Research Article: Bedside or not bedside: Evaluation of patient satisfaction in intensive medical rehabilitation wards

Date Published: February 7, 2017

Publisher: Public Library of Science

Author(s): Christophe Luthy, Patricia Francis Gerstel, Angela Pugliesi, Valérie Piguet, Anne-Françoise Allaz, Christine Cedraschi, Iratxe Puebla.


Concerns that bedside presentation (BsP) rounds could make patients uncomfortable led many residency programs to move daily rounds outside the patients’ room (OsPR). We performed a prospective quasi-experimental controlled study measuring the effect of these two approaches on patient satisfaction.

Patient satisfaction was measured using the Picker questionnaire (PiQ). Results are expressed in problematic percentage scores scaled from 0 = best-100 = worst. During three months, 3 wards of a 6 ward medical rehabilitation division implemented BsP and 3 control wards kept their usual organization of rounds. In total, 90 patients of each group were included in the study and completed the PiQ.

Socio-clinical characteristics were similar in both groups: mean age = 67 years (SD = 13), mean Charlson comorbidity index = 8.6 (2.4); mean length of stay = 22 days (12). During their stay, patients in the BsP units had a mean of 14.3 (8) BsP rounds and 0.5 (0.8) OsPR; control patients had a mean of 0.9 (0.7) BsP and 14.8 (7.3) OsPR (p<0.0001). Patients in BsP units reported lower problematic scores regarding coordination of care (39% vs 45%, p = 0.029), involvement of family/friends (29 vs 41%, p = 0.006) and continuity/transition (44% vs 54%, p = 0.020); two questions of the PiQ had worse scores in the BsP: trust in nurses (46.7% vs 30 %, p = 0.021) and recommendation of the institution (61.1% vs 44.4%. p = 0.025). No worsening in dimensions such as respect for patient preferences was seen. BsP rounds influenced the patient-healthcare professionals’ encounter. These rounds were associated with improved patient satisfaction with care, particularly regarding interprofessional collaboration and discharge planning.

Partial Text

Time dedicated to ward rounds (between 3 and 12 minutes per patient) varies according to the clinical setting [1]. In any case, these rounds constitute an important part of the healthcare team workday [2]. Bedside rounds is a manifold task as it aims to gather and synthesize information about patients, to transmit interdisciplinary information, to build a shared project of care and decision making with the patient[3]. These tasks require medical knowledge, communication skills, both with patients and with multidisciplinary healthcare teams, as well as a capacity to deal with time and organizational constraints [4].

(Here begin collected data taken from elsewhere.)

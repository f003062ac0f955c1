//! What a server's message says to a client.

ghost use Rattle.std.specs.Prelude.{◌≡◌, ◌≤◌, IfSome, IfOk};
ghost use Rattle.std.specs.Option.{option_map};
ghost use Rattle.v6_message.specs.Shown.{message_shown};
ghost use Rattle.lease6_text.specs.Leases.{lease6_content};
ghost use Rattle.v6_client.specs.Answers as answers;

use crate::states::{Answer6, State6};
use lease6_text::Lease6;
use v6_items::SECOND;
use v6_options::Duid;

/// The least seconds that a server may tell as the longest time between two SOLICITs, and the most (RFC 8415, section
/// 21.24).
pub const LEAST_SOL_MAX: u32 = 60;

/// The most seconds, beside `LEAST_SOL_MAX`.
pub const MOST_SOL_MAX: u32 = 86_400;

/// The transaction id of the exchange whose answer counts.
pub(crate) fn awaited(last: Option<u32>, state: State6) -> Option<u32>
    ensures { result ≡ answers.awaited last state }
{
    match state {
        State6::Off | State6::Waiting { .. } => None,
        State6::Soliciting { exchange, .. }
        | State6::Requesting { exchange }
        | State6::Renewing { exchange }
        | State6::Rebinding { exchange }
        | State6::Restarting { exchange, .. }
        | State6::Declining { exchange } => Some(exchange.xid),
        State6::Bound => last,
    }
}

pub(crate) fn is_awaited(awaited: Option<u32>, xid: u32) -> bool
    ensures { result ≡ answers.is_awaited awaited xid }
{
    match awaited {
        Some(awaited) => awaited == xid,
        None => false,
    }
}

/// Whether the bytes are those that a message tells.
pub fn has_bytes(told: Option<&[u8]>, bytes: &[u8]) -> bool
    ensures { result ≡ answers.has_bytes (option_map (λ v. v.now) told.entry) bytes.now }
{
    match told {
        Some(told) => told == bytes,
        None => false,
    }
}

/// Whether the bytes are a DUID's (RFC 8415, section 11.1).
pub fn is_duid(bytes: &[u8]) -> bool
    ensures { result ≡ answers.is_duid bytes.now }
{
    Duid::LEN_MIN <= bytes.len() && bytes.len() <= Duid::LEN_MAX
}

/// Whether a message is of a server that may answer: of the chosen one, where one is.
pub(crate) fn is_from(chosen: Option<&[u8]>, server: Option<&[u8]>) -> bool
    ensures { result ≡ answers.is_from (option_map (λ v. v.now) chosen.entry) (option_map (λ v. v.now) server.entry) }
{
    let Some(server) = server else {
        return false;
    };
    match chosen {
        Some(chosen) => is_duid(server) && server == chosen,
        None => is_duid(server),
    }
}

/// The server that alone may answer: that of the lease, or the one that is asked.
pub(crate) fn chosen<'a>(
    state: State6,
    leased: Option<&'a [u8]>,
    pleaded: Option<&'a [u8]>,
) -> Option<&'a [u8]>
    ensures { option_map (λ v. v.now) result
        ≡ answers.chosen state (option_map (λ v. v.now) leased.entry) (option_map (λ v. v.now) pleaded.entry) }
{
    match state {
        State6::Requesting { .. } | State6::Declining { .. } => pleaded,
        State6::Renewing { .. } => leased,
        State6::Off
        | State6::Waiting { .. }
        | State6::Soliciting { .. }
        | State6::Bound
        | State6::Rebinding { .. }
        | State6::Restarting { .. } => None,
    }
}

/// The longest time between two SOLICITs in milliseconds, where a server tells it.
pub(crate) fn sol_max_with(told: Option<u32>, before: u64) -> u64
    ensures { result ≡ answers.sol_max_with told before }
{
    match told {
        Some(seconds) if LEAST_SOL_MAX <= seconds && seconds <= MOST_SOL_MAX => {
            SECOND * u64::from(seconds)
        }
        _ => before,
    }
}

/// Whether an Advertise is waited for.
pub(crate) fn takes_offers(state: State6) -> bool
    ensures { result ≡ answers.takes_offers state }
{
    match state {
        State6::Soliciting { .. } => true,
        State6::Off
        | State6::Waiting { .. }
        | State6::Requesting { .. }
        | State6::Bound
        | State6::Renewing { .. }
        | State6::Rebinding { .. }
        | State6::Restarting { .. }
        | State6::Declining { .. } => false,
    }
}

/// Whether the items of a Reply are waited for. `rapid` says whether it may answer a SOLICIT.
pub(crate) fn takes_replies(rapid: bool, state: State6) -> bool
    ensures { result ≡ answers.takes_replies rapid state }
{
    match state {
        State6::Soliciting { .. } => rapid,
        State6::Requesting { .. }
        | State6::Renewing { .. }
        | State6::Rebinding { .. }
        | State6::Restarting { .. } => true,
        State6::Off | State6::Waiting { .. } | State6::Bound | State6::Declining { .. } => false,
    }
}

/// What a Reply says, which grants `fresh` where it is taken.
pub(crate) fn reply_answer(
    declining: bool,
    taken: bool,
    kept: &Option<Lease6>,
    fresh: &Option<Lease6>,
) -> Answer6
    ensures { result
        ≡ answers.reply_answer declining taken (option_map lease6_content kept.now)
        (option_map lease6_content fresh.now) }
{
    if declining {
        return match kept {
            Some(_) => Answer6::Keeps,
            None => Answer6::Empties,
        };
    }
    if !taken {
        return Answer6::Nothing;
    }
    match fresh {
        Some(_) => Answer6::Grants,
        None => Answer6::Empties,
    }
}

This pragmatic study showed that when assigned to conduct rounds as usual, healthcare teams perform a vast majority of visits in the hallway and only few visits at the patient’s bedside. Yet, when requested to conduct bedside rounds, they change their usual clinical practice and the number of visits at the patient’s bedside significantly increases. This change was associated with a significant improvement of patient satisfaction with care, in particular with identification of the treating physician and nurse, the possibility of getting sufficient information about one’s health and treatment, the ability to express one’s worries and fears with the physician or nurse in charge, the opportunity to discuss treatments tailored to the patient’s needs and to use a shared-decision making approach; these elements may contribute to significant improvements in terms of satisfaction with the dimensions of treatment coordination, information and discharge planning. In addition, despite potential breaches in confidentiality or possible use of medical jargon, the bedside rounds group experienced no decrease in the dimension of satisfaction related to feeling respected as an individual. Considering this general picture, it somehow comes as a surprise that recommendation of the hospital was lower in the bedside rounds group than in the control group; however, it is also noteworthy that the additional satisfaction item related to restriction of care due to financial constraints showed that this was less of a preoccupation in this group. This latter result is in line with the absence changes in the hospital setting, i.e. the two groups had similar staffing and number of procedures during the study period.

Bedside visits are an essential part of inpatient care that contributes to increased patient satisfaction with better family involvement, care coordination and transition of care. However, bedside visits can also be associated with worse scores on certain items such as trust in nurses and hospital recommendation. Even though our study did not explore the reasons for this, it could be that insufficient preparation of the healthcare team and lack of allotment of roles prior to visits contributed to this result. Further studies need to be conducted to explore these aspects and to determine if better preparation and role assignment will lead to increased confidence. Nevertheless, the challenge remains in improving interdisciplinary education and training and in developing quality metrics specific to bedside visits that emphasize and enhance teamwork.